Nestlé took a hit to sales volumes in the final quarter of last year as its steepest price rises in decades prompted households to curb their spending on products from the maker of Nespresso pods, KitKat chocolate bars and Maggi noodles.

Real internal growth, a measure of sales volumes and consumers’ product choices, declined 2.6 per cent, as the world’s largest foodmaker pushed up prices by 10.1 per cent in the quarter.

Mark Schneider, chief executive, said that Nestlé still faced steep cost rises this year. “There are a few cost items that have started, on a spot basis, to ease since the autumn — arabica coffee, dairy, some of the energy items — but on a full-year basis we’re still looking at a very bleak picture.”

He added: “We still have some repairing to do [on margins] — we are hit pretty hard by inflation.”

Nestlé is the latest multinational food manufacturer to report a hit to sales volumes from increasing prices, after Unilever last week said consumers had bought fewer of its products in 2022 on record price rises. Households in Europe and the US especially have been switching to cheaper options such as supermarket own-brand products.

Schneider said the consumer was “holding up probably better than we expected last fall . . . [but] we also have seen some limited signs now of trading down. That’s unavoidable because you are seeing the effects of economic uncertainty and then inflation at the same time.”

Nestlé increased prices for its products by an average 8.2 per cent across 2022. It said overall like-for-like sales growth was 8.3 per cent during the year, lower than analysts had expected.

Sales growth was mainly driven by price rises, while real internal growth was up slightly at 0.1 per cent for the full year. Schneider added that 2022 was also a year of “post-Covid normalisation” in many of Nestlé’s markets.

Price rises by the Swiss group were highest in North and Latin America, at 11.6 per cent. The increases cut into North American sales volumes, which declined 1.7 per cent on a like-for-like measure as inflation prompted households to curb their spending and Nestlé cut down on unpopular product lines.

It also recorded a SFr1.6bn impairment on the purchase of peanut allergy medication Palforzia, adding to an earlier SFr0.3bn charge on its foray into healthcare.
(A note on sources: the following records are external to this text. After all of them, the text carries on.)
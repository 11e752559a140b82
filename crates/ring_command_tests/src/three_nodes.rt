//! Three nodes driven by records report what `totem script` prints for the same events.
//! Rules: Nodes that records drive 2 to 5

use crate::recorded_node::RecordedNode;
use crate::script_driver::ScriptNodes;
use crate::served::served_on;
use ring_base::{Fault, Fixed};
use ring_object::Object;
use ring_sweep::{Script, ShelfVocabulary, StandardObjects, script_of};
use ring_trace::{Selection, TraceFormat, TraceOptions, trace_of};
use std::alloc::Global;
use std::str;
use std::test::Fail;

/// A cut comes before a call is safe, and the call is retried at node 2. Of later calls one is repeated, and one has a number
/// gap. At last node 1 stops, and is called again.
const CUT_AND_STOPPED: &str =
    "nodes 3\ntimeout 1 join\ntimeout 2 join\ntimeout 3 join\npump 100\ncall 1 7 1 add 0 5\npump 2\n\
    cut 1 2,3\npump 10\ntimeout 1 loss\ntimeout 2 loss\npump 10\ntimeout 1 consensus\ntimeout 2 consensus\npump 200\n\
    call 2 7 1 add 0 5\npump 100\nheal\nnoise 2 00\ntimeout 1 join\npump 300\ncall 3 8 1 read 0\ndeliver 2 1\n\
    call 1 7 1 add 0 5\ncall 2 7 3 pop\npump 100\nshow\nstop 1\ncall 1 7 2 pop\nshow\n";

/// Words that the printed lines contain.
const TOLD: [&str; 5] = [
    " done ",
    " kept ",
    " refused 6",
    "refused 1 7.2 8",
    " stopped ",
];

/// Returns the text that the script prints, without the length of the one order, which no node knows.
fn printed<O: Object>(alloc: O::Alloc, text: &str) -> Result<String<O::Alloc>, Fault> {
    let mut out = Vec::new(alloc);
    let mut err = Vec::new(alloc);
    let mut input = text.as_bytes();
    let _ = script_of::<O, ShelfVocabulary, _, _, _>(alloc, &mut input, false, &mut out, &mut err);
    let mut printed = String::new(alloc);
    for line in str::from_utf8(out.as_slice()).unwrap_or("").lines() {
        if !line.starts_with("order ") {
            writeln!(printed, "{line}")?;
        }
    }
    Ok(printed)
}

/// Returns the number of nodes that give the same output when all their records are served again.
fn tell_again<O: Object>(alloc: O::Alloc, fixed: Fixed, nodes: &[RecordedNode<O>]) -> u8 {
    let mut me = 0u8;
    let mut telling = 0u8;
    for node in nodes {
        me = me.saturating_add(1);
        let written = served_on::<O, _>(alloc, alloc, fixed, me, node.asked.as_slice());
        let is_well = written.status == 0 && written.err.is_empty();
        if is_well && written.out.as_slice() == node.told.as_slice() {
            telling = telling.saturating_add(1);
        }
    }
    telling
}

/// Returns nodes that went through the events of a script.
fn driven<O: Object>(alloc: O::Alloc, text: &str) -> Result<ScriptNodes<O>, Fault> {
    let Ok(script) = Script::parse(alloc, text.as_bytes()) else {
        return Err(Fault::BadScript);
    };
    let mut driven = ScriptNodes::new(alloc, script.nodes)?;
    driven.take(script)?;
    Ok(driven)
}

/// Drives nodes through the events of a script. Returns whether they print the script's text, whether it has all these words,
/// the number of nodes, and the number that give the same output again.
fn seen<O: Object>(
    alloc: O::Alloc,
    text: &str,
    words: &[&str],
) -> Result<(bool, bool, usize, u8), Fault> {
    let fixed = Fixed::new(3)?;
    let driven = driven::<O>(alloc, text)?;
    let wanted = printed::<O>(alloc, text)?;
    let mut has_all = true;
    for word in words {
        has_all = has_all && wanted.as_str().contains(*word);
    }
    Ok((
        wanted.as_str() == driven.printed.as_str(),
        has_all,
        driven.nodes.len(),
        tell_again(alloc, fixed, driven.nodes.as_slice()),
    ))
}

/// Returns the lines of the nodes with which the trace of a script ends.
fn traced_counts<O: Object<Alloc = Global>>(alloc: Global, text: &str) -> Result<String, Fault> {
    let (mut out, mut frames, mut err) = (Vec::new(alloc), Vec::new(alloc), Vec::new(alloc));
    let asked = TraceOptions {
        format: TraceFormat::Text,
        selection: Selection::all(),
    };
    let bytes = text.as_bytes();
    let _ = trace_of::<O, ShelfVocabulary, _, _, _>(
        alloc,
        bytes,
        asked,
        &mut out,
        &mut frames,
        &mut err,
    );
    let mut counts = String::new(alloc);
    for line in str::from_utf8(out.as_slice()).unwrap_or("").lines() {
        if line.starts_with("node ") {
            writeln!(counts, "{line}")?;
        }
    }
    Ok(counts)
}

/// Drives nodes through the events of a script, and compares their counts with those of its trace.
///
/// Returns whether the counts are the same, and the number of lines of those of the trace.
fn counts_seen<O: Object<Alloc = Global>>(
    alloc: Global,
    text: &str,
) -> Result<(bool, usize), Fault> {
    let mut driven = driven::<O>(alloc, text)?;
    driven.printed.clear();
    driven.count()?;
    let wanted = traced_counts::<O>(alloc, text)?;
    Ok((
        wanted.as_str() == driven.printed.as_str(),
        wanted.as_str().lines().count(),
    ))
}

#[test]
fn three_nodes_count_what_a_trace_counts(rt: HostRuntime) -> Result<(), Fail> {
    let seen = counts_seen::<StandardObjects<Global>>(rt.alloc(), CUT_AND_STOPPED)?;
    assert!(rt; seen == (true, 3));
    Ok(())
}

#[test]
fn three_nodes_tell_what_a_script_prints(rt: HostRuntime) -> Result<(), Fail> {
    let seen = seen::<StandardObjects<Global>>(rt.alloc(), CUT_AND_STOPPED, &TOLD)?;
    assert!(rt; seen == (true, true, 3, 3));
    Ok(())
}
That means it has now written off $2bn of the $2.6bn it paid for the business in 2020, after admitting the allergy treatment it produces had not caught on as expected. Schneider said Nestlé’s health science business would in future focus on its existing areas, vitamins and supplements and specialist nutrition for people with health conditions.

The Swiss group is carrying out a big programme of cutting less popular product lines and even entire brands, a drive that began during supply chain disruption last year but has extended to a broader streamlining effort.

The company this year announced plans to stop selling frozen foods in Canada, a business that had brought in about SFr150m, and has scrapped some dairy lines in Brazil, the Middle East and north Africa as it sacrifices some sales to focus on the most successful products, Schneider said.

It forecast a recovery in profitability in 2023, with underlying operating margin set to come within a range of 17 per cent to 17.5 per cent, after falling to 17.1 per cent in 2022.